Después de Vilnius nos dirigimos hacia Klaipeda, el principal puerto de Lituania. Hay unos 300 km de autopista y el trayecto se hace más o menos rápido. Al llegar a Klaipeda buscamos alojamiento en el Litinterp Guesthouse, que aparece en la Lonely Planet.

Es un hostel muy recomendable que cuesta 160 litas por noche en habitación doble (46 euros). Es ideal si se va en coche porque es una especie de motel y puedes aparcar en la puerta de la habitación. Por la mañana te dejan el desayuno en la puerta dentro de una cesta. Además, está bien situado cerca del centro.

Resuelto el hospedaje nos fuimos al puerto para coger el ferry que te lleva hasta el Istmo de Curlandia, separado por un par de kilómetros del continente. Cruzar con el coche cuesta unos 10 euros, pero es necesario para recorrer el Istmo. Luego hay que pagar 4 euros más porque se trata de un Parque Nacional.

Su principal atracción son las dunas que se encuentran en su extremo meridional, haciendo frontera con la región rusa de Kaliningrado.
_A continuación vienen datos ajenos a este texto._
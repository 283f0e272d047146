//! Iterating over the entries that aren't finished.

ghost use Rattle.std.specs.Prelude.{◌≡◌, ◌≤◌, ◌<◌, ◌+◌, ℕ, List, drop, length, Some, IsTrue};
ghost use Rattle.std.specs.FinSet.{contains};
ghost use Rattle.std.specs.Iterator.{YieldsFirst, UpTo, at_most, item_count};
ghost use Rattle.fz_model.specs.declared.answers.Entry.{Entry};
ghost use Rattle.fz_finalizers.specs.Queue.{shown_in};
ghost use Rattle.fz_finalizers.specs.Walks.{Steps, somes};

use fz_bits::SparseFlags;
use fz_model::Entry;
use std::marker::Model;

/// An iterator over the entries that wait or are held, in queue order. Its model is the list of the remaining places, each with its entry, or with none if
/// the entry is finished.
#[derive(Drop)]
pub struct Entries<'a> {
    entries: &'a [Entry],
    unfinished: &'a SparseFlags,
    place: usize,
}

impl<'a> Model for Entries<'a> {
    ghost use Rattle.std.specs.Prelude.{ℕ, ◌<◌, List, Option, drop, length, IsTrue};
    ghost use Rattle.std.specs.FinSet.{contains};
    ghost use Rattle.fz_model.specs.declared.answers.Entry.{Entry};
    ghost use Rattle.fz_finalizers.specs.Queue.{shown_in};

    ghost Value = { List (Option Entry) };

    ghost view = { λ e. drop e.place (shown_in e.unfinished.now.members 0 e.entries.now) };

    ghost invariant = { λ e. (n : ℕ) → IsTrue (contains e.unfinished.now.members n) → n < length e.entries.now };
}

impl<'a> Iterator for Entries<'a> {
    type Item = Entry;

    ghost next_gives = { YieldsFirst somes };

    ghost remaining = { item_count somes };

    fn next(&mut self) -> Option<Entry> {
        self.step()
    }
}

impl<'a> Entries<'a> {
    /// The entries whose indices are in the set.
    pub(crate) fn of(entries: &'a [Entry], unfinished: &'a SparseFlags) -> Entries<'a>
        requires { (n : ℕ) → IsTrue (contains unfinished.now.members n) → n < length entries.now }
        ensures { result ≡ shown_in unfinished.now.members 0 entries.now }
    {
        Entries {
            entries,
            unfinished,
            place: 0,
        }
    }

    /// The entries from an index on. Takes constant time.
    pub fn from_place(self, place: usize) -> Entries<'a>
        ensures { result ≡ drop place self.entry }
    {
        let left = self.places().saturating_sub(place);
        Entries {
            entries: self.entries,
            unfinished: self.unfinished,
            place: self.entries.len() - left,
        }
    }

    /// How many places remain.
    pub fn places(&self) -> usize
        ensures { result ≡ length self.now }
    {
        self.entries.len().saturating_sub(self.place)
    }

    /// The next entry. Afterwards the iterator is at the place after it.
    pub(crate) fn step(&mut self) -> Option<Entry>
        ensures { Steps result self.old self.new }
    {
        let place = self.unfinished.next(self.place as u64)? as usize;
        self.place = place + 1;
        Some(self.entries[place])
    }
}
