//! Queueing cleanups whose objects are lost.

ghost use Rattle.std.specs.Prelude.{◌≡◌, ◌≤◌, ◌<◌, ◌+◌, ◌^◌, ◌++◌, [], ◌∷◌, ℕ, All, if◌then◌else◌, length, Some, IsTrue};
ghost use Rattle.std.specs.FinMap.{get, remove, len, contains_key};
ghost use Rattle.fz_pass.specs.Listing.{AreApart, AreRanked};
ghost use Rattle.fz_finalizers.specs.declared.cleanups.Attached.{Attached};
ghost use Rattle.fz_finalizers.specs.Cleanups.{AreListed, IsListed, is_due, pick_of};
ghost use Rattle.fz_finalizers.specs.Queue.{TakesListed};

use crate::cleanups::{Attached, Cleanups};
use crate::queue::Queue;
use fz_model::{Addr, LinkKind, Pick};
use fz_pass::{Host, ReadyList};

/// Whether a cleanup is due at this moment.
fn is_due<H: Host>(host: &H, when: LinkKind, attached: Attached) -> bool
    ensures { result ≡ is_due when (H.marked host.now) attached }
{
    attached.cleanup.is_when(when) && !host.is_marked(attached.object)
}

/// Appends a cleanup's number with its rank to the list, which has room for it, if the cleanup is due.
fn list_if_due<H: Host>(
    host: &H,
    when: LinkKind,
    number: u64,
    attached: Attached,
    list: &mut ReadyList,
)
    requires room { length list.old.listed < list.old.room }
    ensures listed { list.new.listed ≡ (if is_due when (H.marked host.now) attached then list.old.listed ++ (attached.cleanup.rank, number) ∷ [] else list.old.listed) }
    ensures room { list.old.room ≤ list.new.room }
{
    if is_due(host, when, attached) {
        list.push(attached.cleanup.rank, number);
    }
}

/// Lists the due cleanups.
fn list_due<H: Host>(host: &H, when: LinkKind, cleanups: &Cleanups, list: &mut ReadyList)
    requires room { len cleanups.now.cleanups ≤ list.old.room }
    ensures listed { AreListed (is_due when (H.marked host.now)) cleanups.now.cleanups AreApart list.new.listed }
    ensures few { length list.new.listed ≤ len cleanups.now.cleanups }
    ensures room { list.old.room ≤ list.new.room }
{
    list.clear();
    for (number, attached) in cleanups.iter() {
        list_if_due(host, when, number, attached, list);
    }
}

/// Lists the due cleanups, sorted by rank, then number.
pub(crate) fn rank_due<H: Host>(host: &H, when: LinkKind, cleanups: &Cleanups, list: &mut ReadyList)
    requires room { len cleanups.now.cleanups ≤ list.old.room }
    ensures listed { AreListed (is_due when (H.marked host.now)) cleanups.now.cleanups AreRanked list.new.listed }
    ensures room { list.old.room ≤ list.new.room }
{
    list_due(host, when, cleanups, list);
    list.sort();
}

/// What the entry of a cleanup has: no object.
pub(crate) fn pick_of(number: u64, attached: Attached) -> Pick
    ensures { result ≡ pick_of (number, attached) }
{
    Pick {
        reg: number,
        obj: 0,
        birth: 0,
        proc: attached.cleanup.procedure,
        cd: attached.cleanup.client_data,
    }
}

/// Removes a cleanup from the table, and returns what its entry has.
fn take(cleanups: &mut Cleanups, number: u64) -> Pick
    requires there { IsTrue (contains_key cleanups.old.cleanups number) }
    ensures taken { (c : Attached) × (get cleanups.old.cleanups number ≡ Some c) × (result ≡ pick_of (number, c)) }
    ensures removed { cleanups.new.cleanups ≡ remove cleanups.old.cleanups number }
    ensures count { len cleanups.new.cleanups + 1 ≡ len cleanups.old.cleanups }
    ensures room { cleanups.old.room ≤ cleanups.new.room }
{
    let attached = cleanups.remove(number).unwrap();
    pick_of(number, attached)
}

/// Removes the listed cleanups from the table, and appends their entries to the queue, with this pass. Requires room for them.
pub(crate) fn queue_listed(
    queue: &mut Queue,
    pass: u64,
    listed: &[(u8, Addr)],
    cleanups: &mut Cleanups,
)
    requires ranked { AreRanked listed.now }
    requires listed { All (IsListed cleanups.old.cleanups) listed.now }
    requires room { len cleanups.old.cleanups ≤ queue.old.room }
    requires numbers { length queue.old.queue + len cleanups.old.cleanups < 2 ^ 64 }
    ensures taken { TakesListed pass listed.now cleanups.old.cleanups cleanups.new.cleanups queue.old queue.new }
    ensures count { length queue.new.queue + len cleanups.new.cleanups ≡ length queue.old.queue + len cleanups.old.cleanups }
    ensures fewer { len cleanups.new.cleanups ≤ len cleanups.old.cleanups }
    ensures room { queue.old.room + len cleanups.new.cleanups ≤ queue.new.room + len cleanups.old.cleanups }
    ensures places { cleanups.old.room ≤ cleanups.new.room }
{
    for entry in listed {
        let pick = take(cleanups, entry.1);
        queue.push(pass, pick);
    }
}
En coche se llega hasta Nida, casi en la frontera, y luego se puede caminar hasta lo alto de la Duna Parnadis para observar cómo la arena se pierde en territorio ruso.

Nida es una localidad turística llena de chalets y apartamentos. Un buen lugar de vacaciones de no ser por la plaga de mosquitos que invade la zona. Prácticamente tienes que ir apartándolos con la mano y me quedo corto. El otro problema es que las aguas de la laguna de Curlandia están contaminadas y no son aptas para el baño.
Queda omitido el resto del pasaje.